= Matt Nagle =

American murder victim

Matthew Nagle (October 16, 1979 – July 24, 2007) was the first person to use a brain–computer interface to restore functionality lost due to paralysis. He was a C3 tetraplegic, paralyzed from the neck down after being stabbed.

==Biography==
Nagle attended Weymouth High School (Class of 1998). He was an exceptional athlete and a star football player. In 2001, he sustained a stabbing injury while leaving the town's annual fireworks show near Wessagussett Beach on July 3. He was stabbed and his spinal cord severed when he stepped in to help a friend.

Nagle died on July 24, 2007, in Stoughton, Massachusetts, from sepsis.

==BrainGate Clinical Trial==
Nagle agreed to participate in a clinical trial involving the BrainGate Neural Interface System (developed by Cyberkinetics) out of a desire to again be healthy and lead a normal life, and in hopes that modern medical discoveries could help him. He also hoped that his participation in this Clinical Trial would help improve the lives of people who, like him, suffered injuries or diseases that cause severe motor disabilities.

The device was implanted on June 22, 2004, by neurosurgeon Gerhard Friehs. A 96-electrode "Utah Array" was placed on the surface of his brain over the region of motor cortex that controlled his dominant left hand and arm. A link connected it to the outside of his skull, where it could be connected to a computer. The computer was then trained to recognize Nagle's thought patterns and associate them with movements he was trying to achieve.

While he was implanted, Matt could control a computer "mouse" cursor, using it then to press buttons that can control TV, check e-mail, and do basically everything that can be done by pressing buttons. He could draw (although the cursor control is not precise) on the screen. He could also send commands to an external prosthetic hand (close and open). The results of the study are published in the journal Nature. Per Food and Drug Administration (FDA) regulations and the study protocol, the BrainGate device was removed from him after approximately one year.

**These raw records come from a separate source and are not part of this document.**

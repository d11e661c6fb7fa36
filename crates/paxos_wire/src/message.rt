use crate::ballot::Ballot;
use crate::command_list::Commands;
use crate::entries::ToldEntries;
use slot_log::Command;

/// What a node says to another, after 'Paxos Made Simple'. Slots are counted from 0. Its lists are borrowed: from the room
/// into which it was read, or from whoever sends it.
#[derive(Debug, Drop)]
pub enum Message<'a> {
    /// Asks for a promise to take no lower ballot, and for what was accepted from the slot on.
    Prepare {
        ballot: Ballot,
        slot: u32,
    },
    /// Promises the ballot, and tells what was accepted at the 64 slots from the slot on, by rising slots.
    Promise {
        ballot: Ballot,
        slot: u32,
        entries: ToldEntries<'a>,
    },
    /// Refuses the ballot at the slot, since one that isn't below it was promised.
    Refuse {
        ballot: Ballot,
        slot: u32,
        promised: Ballot,
    },
    /// Asks to accept the commands in the ballot, 1 to 64, the first at the slot and each further one at the slot behind.
    Accept {
        ballot: Ballot,
        slot: u32,
        commands: Commands<'a>,
    },
    /// Tells that the commands were accepted in the ballot, 1 to 64, the first at the slot and each further one at the slot
    /// behind.
    Accepted {
        ballot: Ballot,
        slot: u32,
        commands: Commands<'a>,
    },
    /// Tells that the command is chosen at the slot.
    Chosen {
        slot: u32,
        command: Command,
    },
    /// Asks for what is chosen from the slot on.
    Ask {
        slot: u32,
    },
    /// Hands on an act, or that a player is away, for the node that leads to propose.
    Forward {
        command: Command,
    },
}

I can't put it into words. It's just—I use my brain. I just thought it. I said, "Cursor go up to the top right." And it did, and now I can control it all over the screen. It will give me a sense of independence.
— Matthew Nagle, "Brain Gain"

==Charges against assailant==
On June 5, 2008, a grand jury in Norfolk County, Massachusetts, indicted on a second-degree murder charge Nagle's attacker Nicholas Cirignano. Cirignano had in 2005 been convicted of Nagle's stabbing and sentenced to nine years' imprisonment. District Attorney William Keating used the state medical examiner's ruling that the stabbing had caused Nagle's eventual death as grounds to seek the murder charge.

On April 10, 2009, a Superior Court Judge ruled that Cirignano could not be tried for murder, as the jury's verdict from the original assault case had already determined that one of the key components to a murder charge, malice, was negated by excessive force in self-defence. However, the lesser charge of manslaughter could still, in theory, be applied.